RULE 2 WHAT I HAVE LEARNED My Personal 10 Rules for Staying Alive
A while back I gave my first rule to live by if you have CLL.
Here is my second.
You have time, but you don’t have forever.
CLL is a chronic disease that gives us time to rub our chins, study our enemy, gather our allies, read about what has worked and what has not, check the wind, and plan our attack.

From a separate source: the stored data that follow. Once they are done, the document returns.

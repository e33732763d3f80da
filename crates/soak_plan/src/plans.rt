ghost use Rattle.std.specs.Prelude.{◌≡◌, [], ◌∷◌, ◌++◌, ◌<◌, ◌≤◌, IfOk, OnOk};
ghost use Rattle.soak_plan.specs.Plans.{acts_by, elected_by, next_member, plan_of, planned};

use crate::Draws;
use bson_doc::{Memory, Rows};
use member_hall::{Act, Planned};
use std::alloc::Global;

/// The plan of a seed: so many acts, each within forty turns of its own. An election, and that the one elected before it follows,
/// count as one.
pub fn plan(alloc: Global, seed: u64, count: u32) -> Result<Rows<Planned>, Memory>
    requires { count ≤ 10000 }
    ensures { IfOk result (λ acts. acts ≡ plan_of seed count) }
{
    let mut acts = Rows::new(alloc);
    let mut draws = Draws::new(seed);
    let mut elected = 0;
    for number in 0..count {
        let turn = 40 * (u64::from(number) + 1) + draws.draw() % 40;
        let kind = draws.draw() % 5;
        push_acts(&mut acts, kind, turn, elected)?;
        elected = elected_behind(kind, elected);
    }
    Ok(acts)
}

/// Appends what happens at a turn, where that member was elected last.
fn push_acts(acts: &mut Rows<Planned>, kind: u64, turn: u64, elected: u32) -> Result<(), Memory>
    requires { elected < 3 }
    ensures { OnOk result (acts.new ≡ acts.old ++ acts_by kind turn elected) }
{
    let host = elected;
    match kind {
        0 => push(acts, turn, Act::Mute { host }),
        1 => push(acts, turn, Act::Drop { host }),
        2 => push(acts, turn, Act::Hold { host, turns: 3 }),
        3 => push(acts, turn, Act::Late { host, turns: 30 }),
        _ => push_election(acts, turn, elected),
    }
}

/// Appends that the next member is elected, and that the one elected before it follows.
fn push_election(acts: &mut Rows<Planned>, turn: u64, elected: u32) -> Result<(), Memory>
    requires { elected < 3 }
    ensures { OnOk result (acts.new ≡ acts.old ++ planned turn (Act.Elect (next_member elected)) ∷ planned turn (Act.Follow elected) ∷ []) }
{
    let host = member_behind(elected);
    push(acts, turn, Act::Elect { host })?;
    push(acts, turn, Act::Follow { host: elected })
}

/// Appends an act at a turn.
fn push(acts: &mut Rows<Planned>, turn: u64, act: Act) -> Result<(), Memory>
    ensures { OnOk result (acts.new ≡ acts.old ++ planned turn act ∷ []) }
{
    acts.push(Planned { turn, act })
}

/// Who was elected last behind an act.
fn elected_behind(kind: u64, elected: u32) -> u32
    requires { elected < 3 }
    ensures elected { result ≡ elected_by kind elected }
    ensures member { result < 3 }
{
    if kind < 4 {
        elected
    } else {
        member_behind(elected)
    }
}

/// Of three members the next one.
fn member_behind(elected: u32) -> u32
    requires { elected < 3 }
    ensures next { result ≡ next_member elected }
    ensures member { result < 3 }
{
    (elected + 1) % 3
}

True, there are times when prompt action is called for, such as when I found myself bruised up with single digit platelets from ITP. I was on call for my group when I received an urgent call at home from my exchange that they had a critical lab level on Dr. Koffman. A few hours later I was in hospital getting IVIG and steroids, but that is another story. Moving fast may have saved my life. Similar stories abound for friends with critically low blood counts that needed urgent transfusions and others with serious infections that had to be treated stat. Some secondary tumors such as an aggressive breast cancer demand quick decisions and actions and take precedence over the more pokey CLL.
But these are the exceptions.
Most of the time CLL lets us move carefully, slowly and methodically. We should be prepared, but not usually preemptive and never rash.
However, there are what Chaya Venkat and others call windows of opportunity that open and also shut.
It is like the stock market. The best time to have bought Apple stock was years ago, not after its big run -up.
Here are three common scenarios that demand we move with alacrity.
The first is financial.
1:
Sadly pending insurance or job changes can force us to play our hand early. If we are going to be considering treatment in the near future but will have no insurance then, most of us would would not have the deep financial resources necessary to afford therapy. That is reason enough for some of us to move up treatment time.
The next is the most important, the most common and the most ignored.
2:
I tell anyone who will listen that the best time to treat your CLL is a month before you need to. Once our bone marrow is impacted and our counts are too low, many traditional therapies become much more problematic. Once our nodes are huge, many meds can not penetrate as well to get a complete remission and some such as alemtuzumab (Campath) are useless. Once we develop any new problems with our heart or our arteries and veins or our lungs or our kidneys or our even with our psyches, treatment can become much trickier.
That's why it is important to keep a watch on the cancer. That is why a short lymphocyte doubling time is one of the agreed markers that says time to treat.
Today there may be a new reason to not delay taking action.
3:
Some of the new promising novel therapies such as ibrutinib and GS-1101 have limited openings in their trials, so if we are likely to need therapy soon, and want to have a shot at one of these new experimental agents, we need to watch what's happening with the trials at Clinicaltrials.gov, stay in touch with our support group locally or online and be prepare to move.
Still I would never recommend getting therapy that is not indicated just because an exciting trial is available now and won't be soon.
There is a cost to doing anything.
There is also a cost to doing nothing.
Labels: GS-1101, ibrutinib, ITP, Rules to Live by, Timing
1 Comments:
Addendum to #2: CLL patients who are also primary care givers to other cancer patients may have to be treated early to try and interleave low/well periods with their charges.
This requires some additional skill
from their physician and flexibility from their insurance company.